What I did not notice in the first place was that the new WD drive is the same series drive as the TiVo stock drive (given I bought the Seagate without knowing what was inside the TiVo stock).

The step down in size lost me over 100 hours, but I will take the sacrafice for the silent drive!

Again, thanks to all for another sucessful upgrade. Hopefully anotehr to come as I am in the market for another TiVo unit!


----------



## SJAndrew (Sep 30, 2005)

Cool - I'm putting two 320 WD's into mine (to replace two dead and refunded Hitachi drives).

Newegg rocks!


----------



## supasta (May 6, 2006)

Yes, thats where I got my drive. I was going to go with a dual drive setup....mabye in the future I will add asecond drive. For now I think a single 320 will suit my needs just fine - I am also very concerned about noise!

BTW - Good to see a local on the boards!


----------



## supasta (May 6, 2006)

Ok, I don't get it. Now my perfectly silent WD drive sounds almost as loud seeking as the seagate I pulled out......less than 18 hours after install. I had the thing on all night - watched TV for some time before bed - SILENT. Get up this morning, sounds like a freight train in my living room...........................


----------



## Dkerr24 (Oct 29, 2004)

Sounds like a better solution for you would be to mount the Tivo in another part of the house, and control it with a RF remote.


----------



## jugbugs (Jan 11, 2006)

You can enable quite seek mode for almost all HDD makes and models. Most HDD manufactureres only enable quite seek mode for certain applications as it impacts performance. These applications (that I know of) are Maxtor QuickView (for DVRs) and most HDDs shipped to Japan have this enabled (they must be more sesitive to noise).

However, you can take almost any HDD and enable the quiet seek mode. I have only done this for a Maxtor drive but I am aware of the possibility for Seagate and WD drives as well. WD calls this "Soft Seek" while Maxtor calls it "Quiet Seek."

With Quiet Seek mode enabled you CANNOT hear the HDD seeking over your tivo fan/ HDD spindle motor (which ever is louder).


----------



## supasta (May 6, 2006)

Any information on how to do this?


----------



## SJAndrew (Sep 30, 2005)

You will need the hardware tools available from the HDD mfg.

The behavior you note is not that counterintuitive.

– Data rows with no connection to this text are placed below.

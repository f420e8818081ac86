// One line of a dtype text.
ghost use Rattle.std.specs.Prelude.{◌≡◌, ◌<◌, length, IfSome, None as Nothing, MatchOption};
ghost use Rattle.dtype.specs.Row.{said_by};
ghost use Rattle.dtype.specs.Form.{place, depth_of, fields_of, form_of, OneLine};
ghost use Rattle.dtype.specs.Step.{Cut};

use crate::lines::{Head, Line};
use kinds::{Kind, Nullability};

// The byte between two fields of a line.
const TAB: u8 = 0x09;

// The byte that ends a line.
pub(crate) const NEWLINE: u8 = 0x0A;

// The depth that stands for every depth past 15. It is a number like the others and no case of its own, since such depths are
// only compared, and it compares with each depth up to 15 as those past 15 do.
const TOO_DEEP: u8 = 16;

// The first place of a byte.
fn place_of(bytes: &[u8], byte: u8) -> Option<usize>
    ensures value { result ≡ place byte bytes.now }
    ensures bound { IfSome result (λ n. n < length bytes.now) }
{
    bytes.iter().position(|b| *b == byte)
}

// The bytes before the first one that is `byte`, and those after it.
fn split_once(bytes: &[u8], byte: u8) -> Option<(&[u8], &[u8])>
    ensures { MatchOption result (place byte bytes.now ≡ Nothing) (λ p. Cut byte bytes.now p.0.now p.1.now) }
{
    let end = place_of(bytes, byte)?;
    Some((&bytes[..end], &bytes[end + 1..]))
}

// The depth that decimal digits write, none where they are no number without leading zeros.
fn depth_of(digits: &[u8]) -> Option<u8>
    ensures { result ≡ depth_of digits.now }
{
    if let [] | [b'0', _, ..] = digits {
        return None;
    }
    let mut depth = 0;
    for digit in digits {
        if !digit.is_ascii_digit() {
            return None;
        }
        depth = TOO_DEEP.min(10 * depth + (*digit - b'0'));
    }
    Some(depth)
}

impl<'a> Line<'a> {
    // What a line says, by its bytes with the 0A that ends it; none where it is not in form. A 0A stands in a line at its end only, so
    // it is looked for there alone.
    pub(crate) fn read(bytes: &'a [u8]) -> Option<Line<'a>>
        ensures { OneLine bytes.now → said_by result ≡ form_of bytes.now }
    {
        let (end, fields) = bytes.split_last()?;
        if *end != NEWLINE {
            return None;
        }
        Line::of_fields(fields)
    }

    // What the bytes of a line without its 0A say: four fields with a tab between two.
    fn of_fields(fields: &'a [u8]) -> Option<Line<'a>>
        ensures { said_by result ≡ fields_of fields.now }
    {
        let (digits, rest) = split_once(fields, TAB)?;
        let depth = depth_of(digits)?;
        let (word, rest) = split_once(rest, TAB)?;
        let kind = Kind::try_from(word).ok()?;
        let (word, name) = split_once(rest, TAB)?;
        let nullability = Nullability::try_from(word).ok()?;
        if place_of(name, TAB).is_some() {
            return None;
        }
        let head = Head { kind, nullability };
        Some(Line { depth, head, name })
    }
}
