// Dtype texts: the text that names a dtype is read into lines, and a dtype in use is one of its lines with all below it, or a bool or
// a number type that stands in no text. It knows nothing of tables and encodings.
#![tactic(auto)]

mod dtypes;
mod equality;
mod faults;
mod forms;
mod lines;
mod nodes;
mod order;
mod reader;

pub use dtypes::{Child, DType};
pub use faults::Fault;
pub use kinds::{Kind, Nullability, PType, UnknownNumber, UnknownWord, Word};
pub use lines::DTypeText;
pub use reader::{MAX_BYTES, MAX_LINES};
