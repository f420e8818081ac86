ghost use Rattle.std.specs.Prelude.{◌≡◌};
ghost use Rattle.dtype.specs.declared.faults.Fault.TheVariants.{Memory};
ghost use Rattle.dtype.specs.Number.{fault_number, fault_line};

use std::alloc::AllocFailed;
use thiserror::Error;

// Why a dtype text is refused. The first line is line 1.
#[derive(Clone, Copy, Debug, PartialEq, Eq, Error)]
pub enum Fault {
    // More than 65,536 bytes or 256 lines.
    #[error("the text has more than 65,536 bytes or 256 lines")]
    Size,
    // A line that is not in form.
    #[error("line {0} is not a depth, a kind, a null mark (null or req) and a name, parted by tabs and ended by a line end")]
    Form(usize),
    // A line whose depth, children or name do not fit.
    #[error("line {0} does not fit the lines around it: its depth, its children, or its name")]
    Shape(usize),
    // There is no memory for the lines.
    #[error("there is not enough memory for the lines")]
    Memory,
}

// Written by hand, since the contract of `read` has to know which refusal comes of want of memory.
impl<T: Drop> From<AllocFailed<T>> for Fault {
    ghost from_gives = { λ _ r. r ≡ Memory };

    fn from(_refused: AllocFailed<T>) -> Fault {
        Fault::Memory
    }
}

impl Fault {
    // The number under which the refusal is documented. Want of memory has none. It is no discriminant, since two cases carry a line,
    // and such an enum cannot be cast to a number.
    pub fn number(self) -> Option<u32>
        ensures { result ≡ fault_number self }
    {
        match self {
            Fault::Size => Some(1),
            Fault::Form(_) => Some(2),
            Fault::Shape(_) => Some(3),
            Fault::Memory => None,
        }
    }

    // The bad line, if one is bad.
    pub fn line(self) -> Option<usize>
        ensures { result ≡ fault_line self }
    {
        match self {
            Fault::Form(line) | Fault::Shape(line) => Some(line),
            Fault::Size | Fault::Memory => None,
        }
    }
}
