// Reading a dtype text.
ghost use Rattle.std.specs.Prelude.{◌≡◌, ◌&&◌, length, nat_le};
ghost use Rattle.dtype.specs.Form.{lines_of};
ghost use Rattle.dtype.specs.Accepted.{Reads, ReadAs};
ghost use Rattle.dtype.specs.Step.{ReadLines};

use crate::faults::Fault;
use crate::forms::NEWLINE;
use crate::lines::{DTypeText, Line};
use crate::order::{check_end, check_line};
use std::alloc::Global;

// How many bytes a text has at most.
pub const MAX_BYTES: usize = 65_536;

// How many lines a text has at most.
pub const MAX_LINES: usize = 256;

// How many lines a text has; what follows the last 0A is one.
fn line_count(text: &[u8]) -> usize
    ensures { result ≡ length (lines_of text.now) }
{
    text.split_inclusive(|byte| *byte == NEWLINE).count()
}

// The lines of a text, or the fault of the first that is bad.
fn read_lines<'a>(heap: Global, text: &'a [u8]) -> Result<Vec<Line<'a>>, Fault>
    ensures { ReadLines text.now result }
{
    let mut lines = Vec::new(heap);
    for bytes in text.split_inclusive(|byte| *byte == NEWLINE) {
        let Some(line) = Line::read(bytes) else {
            return Err(Fault::Form(lines.len() + 1));
        };
        check_line(&lines, line)?;
        lines.push(line)?;
    }
    check_end(&lines)?;
    Ok(lines)
}

// Whether a text is no longer than is allowed.
fn is_within_limits(text: &[u8]) -> bool
    ensures { result ≡ (nat_le (length text.now) 65536 && nat_le (length (lines_of text.now)) 256) }
{
    text.len() <= MAX_BYTES && line_count(text) <= MAX_LINES
}

impl<'a> DTypeText<'a> {
    // Reads a text. The lines are kept in memory of the heap.
    pub fn read(heap: Global, text: &'a [u8]) -> Result<DTypeText<'a>, Fault>
        ensures value { ReadAs text.now result }
        ensures tree { Reads text.now result }
    {
        if !is_within_limits(text) {
            return Err(Fault::Size);
        }
        let lines = read_lines(heap, text)?;
        Ok(DTypeText { lines })
    }
}
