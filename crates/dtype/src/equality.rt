// When two dtypes in use are equal, whichever texts they stand in.
ghost use Rattle.std.specs.Prelude.{◌≡◌, Decides};
ghost use Rattle.dtype.specs.Use.{Same};
ghost use Rattle.dtype.specs.Node.{tree_in};

use crate::dtypes::DType;
use crate::lines::DTypeText;
use crate::nodes::Node;

impl Node<'_, '_> {
    // Whether the dtypes of two nodes are equal. Each call for a child is on a deeper line, so the depth that remains falls. The lines
    // below two children are passed over only once these agree, so that dtypes which differ early cost no more than that. The iterator
    // passes over them before it gives a child, so it does not fit.
    fn equals(self, other: Node) -> bool
        ensures { Decides result (tree_in self.entry ≡ tree_in other.entry) }
    {
        if self.line.head != other.line.head {
            return false;
        }
        let mut left = self.children();
        let mut others = other.children();
        while let Some(child) = left.first() {
            let Some(twin) = others.first() else {
                return false;
            };
            if child.line.name != twin.line.name {
                return false;
            }
            if !child.equals(twin) {
                return false;
            }
            left = left.past(child);
            others = others.past(twin);
        }
        others.first().is_none()
    }
}

impl DType {
    // Whether two dtypes in use are equal: kinds, null marks, the names of children and the children agree, level under level,
    // whatever lines they stand at and whichever texts they come from. A line's own name does not matter. A line that is not
    // there equals nothing. It is no PartialEq, since a dtype does not hold its text.
    pub fn equals(self, text: &DTypeText, other: DType, other_text: &DTypeText) -> bool
        ensures { Decides result (Same text.now self other_text.now other) }
    {
        match (text.node(self), other_text.node(other)) {
            (Some(node), Some(other)) => node.equals(other),
            _ => false,
        }
    }
}
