// A line with the lines that follow it: its children, and where they end.
ghost use Rattle.std.specs.Prelude.{◌≡◌, length, drop};
ghost use Rattle.std.specs.Iterator.{at_most};
ghost use Rattle.dtype.specs.Tree.{children_of, sizes};
ghost use Rattle.dtype.specs.Use.{count as count_of};
ghost use Rattle.dtype.specs.Node.{tree_in, FirstChild, NextChild, ChildAt};

use crate::lines::Line;

// A line of a text, and all lines after it. Those that are deeper, up to the first that is not, are below it.
#[derive(Clone, Copy)]
pub(crate) struct Node<'t, 'a> {
    pub line: Line<'a>,
    pub later: &'t [Line<'a>],
}

// The children of a node that are still to come: the lines from the next one on, and the depth of the node.
#[derive(Clone, Copy)]
pub(crate) struct ChildNodes<'t, 'a> {
    pub depth: u8,
    pub lines: &'t [Line<'a>],
}

impl<'t, 'a> Node<'t, 'a> {
    // The lines after all that are below this one.
    pub(crate) fn after(self) -> &'t [Line<'a>]
        ensures { result.now ≡ drop (sizes (children_of (tree_in self.entry))) self.entry.later.now }
    {
        let depth = self.line.depth;
        let below = self
            .later
            .iter()
            .take_while(|line| depth < line.depth)
            .count();
        &self.later[below..]
    }

    // The children, in their order.
    pub(crate) fn children(self) -> ChildNodes<'t, 'a>
        ensures depth { result.depth ≡ self.entry.line.depth }
        ensures lines { result.lines.now ≡ self.entry.later.now }
    {
        ChildNodes {
            depth: self.line.depth,
            lines: self.later,
        }
    }

    // How many children there are.
    pub(crate) fn child_count(self) -> usize
        ensures { result ≡ count_of (children_of (tree_in self.entry)) }
    {
        self.children().count()
    }

    // The k-th child, from 0.
    pub(crate) fn child(self, k: usize) -> Option<Node<'t, 'a>>
        ensures { ChildAt self.entry k result }
    {
        self.children().nth(k)
    }
}

impl<'t, 'a> ChildNodes<'t, 'a> {
    // The next child, which is still to come. What is below it is not looked at.
    pub(crate) fn first(self) -> Option<Node<'t, 'a>>
        ensures { FirstChild self.entry result }
    {
        let (line, later) = self.lines.split_first()?;
        if line.depth <= self.depth {
            return None;
        }
        Some(Node { line: *line, later })
    }

    // The children after one, which is the next.
    pub(crate) fn past(self, child: Node<'t, 'a>) -> ChildNodes<'t, 'a>
        ensures depth { result.depth ≡ self.entry.depth }
        ensures lines { result.lines.now ≡ drop (sizes (children_of (tree_in child.entry))) child.entry.later.now }
    {
        ChildNodes {
            depth: self.depth,
            lines: child.after(),
        }
    }
}

impl<'t, 'a> Iterator for ChildNodes<'t, 'a> {
    type Item = Node<'t, 'a>;

    ghost next_gives = { NextChild };

    ghost remaining = { λ s. at_most (length s.lines.now) };

    fn next(&mut self) -> Option<Node<'t, 'a>> {
        let (line, later) = self.lines.split_first()?;
        if line.depth <= self.depth {
            return None;
        }
        let child = Node { line: *line, later };
        self.lines = child.after();
        Some(child)
    }
}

As you add data to the HDD and the head needs to seek more and farther, noise will increase.

FWIW, I enabled quiet operation for my drives and didn't notice much of a difference...


----------



## supasta (May 6, 2006)

I have searched and searched. Cannot find any tools anywhere. The HDD I have is a bare drive from New Egg - no cables, software, etc


----------



## jugbugs (Jan 11, 2006)

SJAndrew said:


> You will need the hardware tools available from the HDD mfg.
> 
> The behavior you note is not that counterintuitive. As you add data to the HDD and the head needs to seek more and farther, noice will increase.
> 
> FWIW, I enabled quiet operation for my drives and didn't notice much of a difference...


What type of drive?

I have enabled this on 10 + drives (all Maxtor) and they have all went from audible to inaudible doing random LBA seeks (worst cast scenario).


----------



## SJAndrew (Sep 30, 2005)

You can try using Hitachi Drive Tools - I think they work on different brands.

I tried low noise mode on Hitachi drives and didn't hear a noticeable difference.


----------



## 1283 (Sep 8, 2000)

jugbugs said:


> I am aware of the possibility for Seagate and WD drives as well.


Not Seagate, at least not the ones within the past few years.


----------



## 1283 (Sep 8, 2000)

supasta said:


> Any information on how to do this?


Google for "hitachi feature tool".


----------



## supasta (May 6, 2006)

My question really is why is the drive unnoticeably quiet to start, and then loudens overnight?


----------



## 1283 (Sep 8, 2000)

Seek noise is dependent on the access pattern, which is different every second. When TiVo processes the guide data, the noise is likely to be even louder.


----------



## supasta (May 6, 2006)

It varies, so that must be what it is. Either way, I am happy that the WD is MUCH quieter than the Seagate, and BB took it on return (luckily). So, for the sake of not having to open my TiVo again, I am going to leave it be.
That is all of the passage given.